[Saved entries]
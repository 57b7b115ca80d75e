//! Connections that never block.
ghost use Rattle.std.specs.Prelude.{◌≤◌, length};

/// The result of one receive.
#[derive(Clone, Copy, Debug, PartialEq, Eq)]
pub enum Received {
    /// This number of bytes, at least one, at the front of the room.
    Bytes(usize),
    /// No byte has arrived.
    NotNow,
    /// The client sends no more.
    Ended,
    /// The connection failed.
    Failed,
}

/// The result of one send.
#[derive(Clone, Copy, Debug, PartialEq, Eq)]
pub enum Sent {
    /// This number of bytes of the front, at least one, were taken.
    Took(usize),
    /// None is taken now.
    NotNow,
    /// The connection failed.
    Failed,
}

/// A connection that never blocks: a call does what it can at once.
pub trait Channel {
    ghost use Rattle.devices.specs.Channels.{ChannelState, Receives, Sends};

    /// The bytes that are left to be received, and those that were taken, if the connection tells them.
    ghost state: { Self → ChannelState };

    /// Receives bytes into the front of the room.
    fn receive(&mut self, room: &mut [u8]) -> Received
        requires { 1 ≤ length room.old }
        ensures { Receives (state self.old) (state self.new) result room.new };

    /// Sends bytes from the front.
    fn send(&mut self, bytes: &[u8]) -> Sent
        requires { 1 ≤ length bytes.now }
        ensures { Sends (state self.old) (state self.new) result bytes.now };
}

→ Your instructions
In full and without error, retype the entries above.

→ Completed exercise
repository 57b7b115ca80d75e
//! Connections that never block.
ghost use Rattle.std.specs.Prelude.{◌≤◌, length};

/// The result of one receive.
#[derive(Clone, Copy, Debug, PartialEq, Eq)]
pub enum Received {
    /// This number of bytes, at least one, at the front of the room.
    Bytes(usize),
    /// No byte has arrived.
    NotNow,
    /// The client sends no more.
    Ended,
    /// The connection failed.
    Failed,
}

/// The result of one send.
#[derive(Clone, Copy, Debug, PartialEq, Eq)]
pub enum Sent {
    /// This number of bytes of the front, at least one, were taken.
    Took(usize),
    /// None is taken now.
    NotNow,
    /// The connection failed.
    Failed,
}

/// A connection that never blocks: a call does what it can at once.
pub trait Channel {
    ghost use Rattle.devices.specs.Channels.{ChannelState, Receives, Sends};

    /// The bytes that are left to be received, and those that were taken, if the connection tells them.
    ghost state: { Self → ChannelState };

    /// Receives bytes into the front of the room.
    fn receive(&mut self, room: &mut [u8]) -> Received
        requires { 1 ≤ length room.old }
        ensures { Receives (state self.old) (state self.new) result room.new };

    /// Sends bytes from the front.
    fn send(&mut self, bytes: &[u8]) -> Sent
        requires { 1 ≤ length bytes.now }
        ensures { Sends (state self.old) (state self.new) result bytes.now };
}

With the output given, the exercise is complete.